Tag Archives: Sue Heap

Ruby Reads 22:

It’s been a long time since I’ve posted about books read with my granddaughter. Here’s a beginning catch-up.

Dinner with Olivia (Simon & Schuster 2009, based on the TV series, adapted by Emily Sollinger, illustrated by Guy Wolek)

Neither Ruby nor her grandparents knew there was a TV series featuring Olivia, and at first I was wary of this knock-off of Ian Falconer’s wonderful books: as befits children’s TV, the illustration style is a lot cruder than Falconer’s New Yorkish elegance. But it turns out the book is lovely. Olivia goes to her posh friend Francine’s place for dinner. At first she is in awe, and mildly ashamed of the messiness of her own family, especially her little brothers. But once she has experienced the rule-bound life of Francine’s family, not to mention the Brussels sprouts, she – and Francine – realise how excellent it is to slurp spaghetti sauce and occasionally have a meatball bounce to the floor.


Alison Lester, Hello Little Babies (OUP 1985)

Like Alison Lester’s Clive Eats Alligators, this follows a number of children in different activities. This time the children are babies, of a range of ethnicities. Ruby is besotted with her little brother, and with babies in general – at the museum, the exhibit that held her attention was the diorama of baby dinosaurs hatching from their eggs. An added attraction in this book is that one of the babies is named Ruby.


Sally Lloyd-Jones and Sue Heap, How to Be a Baby, by Me, The Big Sister (Schwartz & Wade Books 2007)

Much loved by Ruby, this mocks the narrator’s baby brother for his comparative helplessness. At least, we assume the baby is male, because that’s what Ruby’s baby brother Charlie is. We first read this before he was born. It has become much more popular since he became a reality. I’m not entirely comfortable with the book’s rampant condescension, but I think Ruby can tell it’s joking, and she particularly likes the last pages, where the big sister looks forward to the time when the baby will be as tall as her and able to play with her.


Maurice Sendak, In the Night Kitchen (©1970, HarperCollins Publishers 1988)

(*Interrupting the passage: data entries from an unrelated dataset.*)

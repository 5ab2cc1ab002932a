//! The records of a stream, some at a time.

ghost use Rattle.std.specs.Prelude.{true, false, ◌≡◌, ◌≤◌, ◌++◌, ◌∷◌, ℕ, List, [], length, IfErr, IfOk, IfSome, IsOk, OnErr, OnOk};
ghost use Rattle.std.specs.Bool.{MatchBool};
ghost use Rattle.std.specs.List.{All};
ghost use Rattle.csv.specs.Reading.{strip_bom};
ghost use Rattle.csv.specs.declared.parser.Config.{Config};
ghost use Rattle.jb_rows.specs.Fields.{Fields, packed};
ghost use Rattle.jb_rows.specs.Places.{AreLinesFrom, BeginsAt, BeginsIn};
ghost use Rattle.jb_rows.specs.Refusals.{IfTooLong};
ghost use Rattle.jb_rows.specs.Streams.{HasGivenRows, HasRead, ends_open, is_over, kept_header, lines_of, longest_of, stream_of};
ghost use Rattle.jb_rows.specs.Texts.{AreFieldsOf, AreFirstFieldsOf, AreRowsOf, IsAfter, IsLongAfter, IsTooLongAfter, config_of, first_record, header_of};
ghost use Rattle.jb_rows.specs.declared.header.Header.TheVariants as hd;
ghost use Rattle.jb_rows.specs.declared.rows_options.RowsOptions.{RowsOptions};

use crate::header::Header;
use crate::row_builder::RowBuilder;
use crate::rows::Rows;
use crate::rows_error::RowsError;
use crate::rows_options::RowsOptions;
use crate::text_reader::TextReader;
use std::alloc::Global;
use std::io::Read;

/// The records of a stream, some at a time, and the lines in which they begin. After an error nothing is known of it.
#[derive(Drop)]
pub struct RowsReader<R> {
    reader: TextReader<R>,
    longest: usize,
    header: Rows,
    given: u64,
    is_done: bool,
    /// The text ends within its last record, which has no line end.
    is_open: bool,
    row: RowBuilder,
    field: Vec<u8>,
    /// The line in which the record in `row` begins.
    line: u64,
    lines: Vec<u64>,
}

/// A header row that is too long is no record.
fn header_failure(error: RowsError) -> RowsError
    ensures { IfTooLong result (λ _. ⊥) }
{
    match error {
        RowsError::TooLong { number: _ } => RowsError::LongHeader,
        other => other,
    }
}

impl<R: Read + Drop> RowsReader<R> {
    /// The records of this stream after its header row, if the options say that it has one. That row is read here, and nothing else;
    /// if it is too long, the error is `LongHeader`. Without a header row nothing is read, and the call doesn't fail.
    pub fn new(alloc: Global, options: &RowsOptions, from: R) -> Result<RowsReader<R>, RowsError>
        ensures given { IfOk result (λ rows. IfSome (R.remaining from) (λ text. HasGivenRows options.now R.remaining rows text [])) }
        ensures longest { IfOk result (λ rows. longest_of rows ≡ options.now.longest) }
        ensures plain { options.now.header ≡ hd.None → IsOk result }
        ensures refused { IfErr result (λ error. IfTooLong error (λ _. ⊥)) }
    {
        let mut rows = RowsReader::unread(alloc, options, from);
        match options.header {
            Header::None => Ok(rows),
            Header::Skipped | Header::Copied => {
                rows.take_header()?;
                Ok(rows)
            }
        }
    }
}

impl<R: Read> RowsReader<R> {
    /// The records of this stream, of which nothing is read.
    fn unread(alloc: Global, options: &RowsOptions, from: R) -> RowsReader<R>
        ensures given { IfSome (R.remaining from) (λ text. HasRead (config_of options.now) R.remaining result text []) }
        ensures header { result.header ≡ [] }
        ensures number { result.given ≡ 0 }
        ensures longest { longest_of result ≡ options.now.longest }
    {
        RowsReader {
            reader: TextReader::new(options, from),
            longest: options.longest,
            header: Rows::new(alloc),
            given: 0,
            is_done: false,
            is_open: false,
            row: RowBuilder::new(alloc),
            field: Vec::new(alloc),
            line: 0,
            lines: Vec::new(alloc),
        }
    }

    /// The header row, if the options said that there is one and the stream had a record.
    pub fn header(&self) -> &Rows
        ensures kept { result.now ≡ kept_header self.now }
        ensures text { (options : RowsOptions) (text : List ℕ) (records : List Fields) → HasGivenRows options R.remaining self.now text records
            → result.now ≡ header_of options text }
    {
        &self.header
    }

    /// Takes the first record as the header row.
    fn take_header(&mut self) -> Result<(), RowsError>
        ensures read { OnOk result ((config : Config) (text : List ℕ) → HasRead config R.remaining self.old text [] → HasRead config R.remaining self.new text (first_record config text)) }
        ensures kept { OnOk result ((config : Config) (text : List ℕ) → HasRead config R.remaining self.old text [] → self.new.header ≡ self.old.header ++ first_record config text) }
        ensures number { self.new.given ≡ self.old.given }
        ensures longest { longest_of self.new ≡ longest_of self.old }
        ensures refused { IfErr result (λ error. IfTooLong error (λ _. ⊥)) }
    {
        match self.read_row() {
            Ok(true) => {
                self.header.push(&self.row)?;
                Ok(())
            }
            Ok(false) => Ok(()),
            Err(error) => Err(header_failure(error)),
        }
    }

    /// Puts the next record together in `self.row`; and whether there was one.
    fn read_row(&mut self) -> Result<bool, RowsError>
        ensures given { IfOk result (λ found. (config : Config) (text : List ℕ) (before : List Fields) → HasRead config R.remaining self.old text before
            → MatchBool found (HasRead config R.remaining self.new text (before ++ self.new.row ∷ [])) (HasRead config R.remaining self.new text before × AreFieldsOf config text before)) }
        ensures short { IfOk result (λ found. found ≡ true → length (packed self.new.row) ≤ longest_of self.old) }
        ensures begins { IfOk result (λ found. found ≡ true → (config : Config) (text : List ℕ) (before : List Fields) → HasRead config R.remaining self.old text before
            → BeginsAt config (strip_bom text) (length before) self.new.line) }
        ensures lines { lines_of self.new ≡ lines_of self.old }
        ensures header { self.new.header ≡ self.old.header }
        ensures number { self.new.given ≡ self.old.given }
        ensures longest { longest_of self.new ≡ longest_of self.old }
        ensures refused { IfErr result (λ error. IfTooLong error (λ number. number ≡ self.old.given)) }
        ensures too_long { IfErr result (λ error. (config : Config) (text : List ℕ) (before : List Fields) → HasRead config R.remaining self.old text before
            → IfTooLong error (λ _. IsLongAfter config text before (longest_of self.old))) }
    {
        if self.is_done {
            return Ok(false);
        }
        let found = match self.reader.skip_ends() {
            Ok(found) => found,
            Err(error) => return Err(error),
        };
        if !found {
            self.is_done = true;
            return Ok(false);
        }
        self.line = self.reader.line();
        let (given, longest) = (self.given, self.longest);
        let is_last = match self
            .reader
            .read_record(given, longest, &mut self.row, &mut self.field)
        {
            Ok(is_last) => is_last,
            Err(error) => return Err(error),
        };
        self.is_done = is_last;
        self.is_open = is_last;
        Ok(true)
    }

    /// The same, and counts it.
    fn next_row(&mut self) -> Result<bool, RowsError>
        ensures given { IfOk result (λ found. (options : RowsOptions) (text : List ℕ) (before : List Fields) → HasGivenRows options R.remaining self.old text before
            → MatchBool found (HasGivenRows options R.remaining self.new text (before ++ self.new.row ∷ [])) (HasGivenRows options R.remaining self.new text before × AreRowsOf options text before)) }
        ensures short { IfOk result (λ found. found ≡ true → length (packed self.new.row) ≤ longest_of self.old) }
        ensures begins { IfOk result (λ found. found ≡ true → (options : RowsOptions) (text : List ℕ) (before : List Fields) → HasGivenRows options R.remaining self.old text before
            → BeginsIn options text (length before) self.new.line) }
        ensures lines { lines_of self.new ≡ lines_of self.old }
        ensures longest { longest_of self.new ≡ longest_of self.old }
        ensures refused { IfErr result (λ error. IfTooLong error (λ number. number ≡ self.old.given)) }
        ensures too_long { IfErr result (λ error. (options : RowsOptions) (text : List ℕ) (before : List Fields) → HasGivenRows options R.remaining self.old text before
            → IfTooLong error (λ _. IsTooLongAfter options text before (longest_of self.old))) }
    {
        let found = match self.read_row() {
            Ok(found) => found,
            Err(error) => return Err(error),
        };
        if !found {
            return Ok(false);
        }
        self.given = self.given.saturating_add(1);
        Ok(true)
    }

    /// The next records, at most so many, in place of those in `rows`; and whether there may be more. If one is too long, `rows` has
    /// those before it. At the end each further call gives no record.
    pub fn next_rows(&mut self, rows: &mut Rows, most: usize) -> Result<bool, RowsError>
        ensures given { OnOk result ((options : RowsOptions) (text : List ℕ) (before : List Fields) → HasGivenRows options R.remaining self.old text before
            → HasGivenRows options R.remaining self.new text (before ++ rows.new)) }
        ensures all { IfOk result (λ more. more ≡ false → (options : RowsOptions) (text : List ℕ) (before : List Fields) → HasGivenRows options R.remaining self.old text before
            → AreRowsOf options text (before ++ rows.new)) }
        ensures most { OnOk result (length rows.new ≤ most) }
        ensures full { IfOk result (λ more. more ≡ true → length rows.new ≡ most) }
        ensures short { All (λ fields. length (packed fields) ≤ longest_of self.old) rows.new }
        ensures longest { longest_of self.new ≡ longest_of self.old }
        ensures refused { IfErr result (λ error. (options : RowsOptions) (text : List ℕ) (before : List Fields) → HasGivenRows options R.remaining self.old text before
            → IfTooLong error (IsAfter options text (before ++ rows.new))) }
        ensures too_long { IfErr result (λ error. (options : RowsOptions) (text : List ℕ) (before : List Fields) → HasGivenRows options R.remaining self.old text before
            → IfTooLong error (λ _. IsTooLongAfter options text (before ++ rows.new) (longest_of self.old))) }
        ensures lines { (options : RowsOptions) (text : List ℕ) (before : List Fields) → HasGivenRows options R.remaining self.old text before
            → AreLinesFrom options text (length before) (lines_of self.new) }
        ensures counted { OnOk result (length (lines_of self.new) ≡ length rows.new) }
    {
        rows.clear();
        self.lines.clear();
        for _ in 0..most {
            let found = match self.next_row() {
                Ok(found) => found,
                Err(error) => return Err(error),
            };
            if !found {
                return Ok(false);
            }
            rows.push(&self.row)?;
            self.lines.push(self.line)?;
        }
        Ok(true)
    }

    /// The stream, of which so much is read.
    pub fn stream(&self) -> &R
        ensures { result.now ≡ stream_of self.now }
    {
        self.reader.stream()
    }

    /// Whether the end of the stream was found: a read gave no byte. Then the records that were given are all.
    pub fn is_over(&self) -> bool
        ensures over { result ≡ is_over self.now }
        ensures all { result ≡ true → (options : RowsOptions) (text : List ℕ) (records : List Fields) → HasGivenRows options R.remaining self.now text records
            → AreRowsOf options text records }
    {
        self.is_done
    }

    /// Whether the stream ended within the last record or header row, before its line end.
    pub fn ends_open(&self) -> bool
        ensures { result ≡ ends_open self.now }
    {
        self.is_open
    }

    /// The line in which each record begins that `next_rows` gave last, the first line being 1. A line ends at a line feed.
    pub fn lines(&self) -> &[u64]
        ensures { result.now ≡ lines_of self.now }
    {
        &self.lines
    }
}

Ruby’s not so fond of this. I think there’s too much that she doesn’t quite recognise: the cooks in the kitchen, dough rising, New York skysline, naked boy … And the story line is weird. However, we were driving in the car the other day and she started chanting, ‘Milk in the batter! Milk in the Batter!’ So the magic of Sendak is percolating.


Margaret Mahy (writer) and Jenny Williams (illustrator), A Lion in the Meadow (©1969, re-illustrated edition ©1986, Picture Puffins 1989)

We picked this up at the Addison Road markets. Margaret Mahy is one of the great children’s writers, and Ruby has responded to this book appropriately. Like Sendak’s The Sign on Rosie’s Door, it has a brilliant mother who responds intelligently to her child’s fantasies. The difference is that is this case the child’s fantasy, of ‘a big, roaring, yellow, whiskery lion in the meadow’, turns out to be real, and so does the mother’s counter-fantasy of a dragon in a matchbox who will chase the lion away. Not a word out of place, this is irresistible, and – like the Sendak books – a pleasure to read aloud.


Libby Gleeson (writer) and Freya Blackwood (illustrator), Banjo and Ruby Red (Little Hare 2013)

A dog and a chook overcome initial relationship difficulties to become good friends. What’s not to love? We used to visit some urban chickens when Ruby was much smaller (her word for chicken as ‘babook’, but she eventually decided to go with the consensus). She still talks about the family dog who died some time ago – ‘It’s very sad.’ And relationship difficulties seem to be an issue as she spends more time in childcare. Plus, the chook’s name is Ruby Red. I don’t imagine the Australian farm setting is any more familiar to our inner-city girl than Sendak’s New York skyline, but in this case that doesn’t seem to matter.

This book is also a pleasure to read aloud, for the pathos of a scene where Ruby Red is apparently lifeless as much as for the pages where Banjo does a lot of barking and for the way movement can be traced in great arc across the pages in Freya Blackwood’s illustrations


Hello Little Babies and Banjo and Ruby Red are the first two books I’ve read for the Australian Women Writers Challenge 2021.